Your Post: "With reference to the size of the logs, these people could, as I suggested earlier periodically either delete or export entries that are x days/months old. And, if you have customers with 100s MB of text logs every day, can you imagine the hassle they must have parsing these?? How do they efficiently trace a connection in real time to diagnose problems???? VERY hard I would suggest."
I just had a situation with the FBI where they needed information for 14 months ago. Deleting logs is NEVER an option. Also, I really do not have any issues (hassles) parsing my logs and tracing anything and I have 3 separate machines with their own logging that each message passes through. I guess the "real time" ting is an issue but with 500,000 messages a day, real time is a relative term anyway.
Your Post: "we currently log everything to our main reporting DB so that each customer can get stats and graphs of exactly how many emails they have received within a certain time frame, and more importantly (for our billing) how much crap we have stopped going to their domain / mailbox. Our customers DEMAND this type of logging/reporting, otherwise how will they know what they are paying for"

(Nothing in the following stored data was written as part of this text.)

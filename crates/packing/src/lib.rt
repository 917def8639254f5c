// Answers as plain numbers, for hosts in C (document 01, Parts of the engine). The numbers of the cases and the bytes of each part stay: that interface is
// made of plain numbers.
#![tactic(auto)]

ghost use Rattle.std.specs.Prelude.{◌≡◌, Ok, ◌+◌, ◌*◌, ◌%◌, ◌^◌};
ghost use Rattle.search.specs.SearchAnswers.{as_found};
ghost use Rattle.packing.specs.Packing.{case_packed, found_packed, packed, packed_bound, packed_refusal, packed_save, packed_scaled, packed_search, packed_trace};

use fourier::ScaledLine;
use kind::Line;
use refusal::Refusal;
use trace::Summary;

// The cases of a scaled line.
const MEAN: u64 = 1;

const LAST: u64 = 2;

const PAIR: u64 = 3;

// One more than the largest number of seven bytes.
const SEVEN_BYTES: u64 = 1 << 56;

// The answer of a call on a block.
pub fn packed(answer: Result<(), Refusal>) -> u64
    ensures { result ≡ packed answer }
{
    answer.map_or_else(packed_refusal, |()| 0)
}

// The bound of a block, or the refusal. Of a number that does not fit seven bytes the upper one is left off.
pub fn packed_bound(answer: Result<u64, Refusal>) -> u64
    ensures { result ≡ packed_bound answer }
{
    answer.map_or_else(packed_refusal, |bound| 256 * (bound % SEVEN_BYTES))
}

// The answer of a call on a trace.
pub fn packed_trace(answer: Result<Summary, Refusal>) -> u64
    ensures { result ≡ packed_trace answer }
{
    answer.map_or_else(packed_refusal, packed_contents)
}

// Which case a scaled line is, or the refusal.
pub fn packed_scaled(answer: Result<ScaledLine, Refusal>) -> u64
    ensures { result ≡ packed_scaled answer }
{
    answer.map_or_else(packed_refusal, packed_case)
}

// The line that a search has found, that there is none, or the refusal.
pub fn packed_search(answer: Result<Option<Line>, Refusal>) -> u64
    ensures { result ≡ packed_search answer }
{
    answer.map_or_else(packed_refusal, |found| found.map_or(0, packed_line))
}

// The line of a search that finds one always, or the refusal.
pub fn packed_found(answer: Result<Line, Refusal>) -> u64
    ensures { result ≡ packed_search (as_found answer) }
{
    answer.map_or_else(packed_refusal, packed_line)
}

// The bytes that a saved trace takes, or the refusal. Of a number that does not fit seven bytes the upper one is left off.
pub fn packed_save(answer: Result<usize, Refusal>) -> u64
    ensures { result ≡ packed_save answer }
{
    answer.map_or_else(packed_refusal, |used| 256 * (used as u64 % SEVEN_BYTES))
}

// A refusal: its number in one byte, and of its place the lower seven.
fn packed_refusal(refusal: Refusal) -> u64
    ensures { result ≡ packed_refusal refusal }
{
    let number = refusal.number() as u64;
    let place = refusal.place() as u64 % SEVEN_BYTES;
    number + 256 * place
}

// A line that is found.
fn packed_line(line: Line) -> u64
    ensures { result ≡ found_packed line }
{
    256 * (1 + 256 * (line.0 as u64 % 65536))
}

// Which case a line is.
fn packed_case(line: ScaledLine) -> u64
    ensures { result ≡ case_packed line }
{
    256 * match line {
        ScaledLine::Mean(_) => MEAN,
        ScaledLine::Last(_) => LAST,
        ScaledLine::Pair(_) => PAIR,
    }
}

// What an accepted trace holds. Of each number that does not fit its bytes the upper ones are left off.
fn packed_contents(summary: Summary) -> u64
    ensures { result ≡ packed_trace (Ok summary) }
{
    let p = summary.head.p as u64 % 256;
    let count = summary.blocks as u64 % 65536;
    let rate = summary.head.rate as u64 % 4294967296;
    256 * (p + 256 * (count + 65536 * rate))
}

We do all this with both SawMill, which looks at the actual log files and with custom SQL queries against the quarantine DB.
We also have scripts that run at midnight to archive all logs over 2 days old to a NAS server if we need to get back to them. Our logging is over 250MB a day (uncompressed) and I shudder to think what kind of machine I would need to do this logging in a DB that would not impact performance.
My 3 cents.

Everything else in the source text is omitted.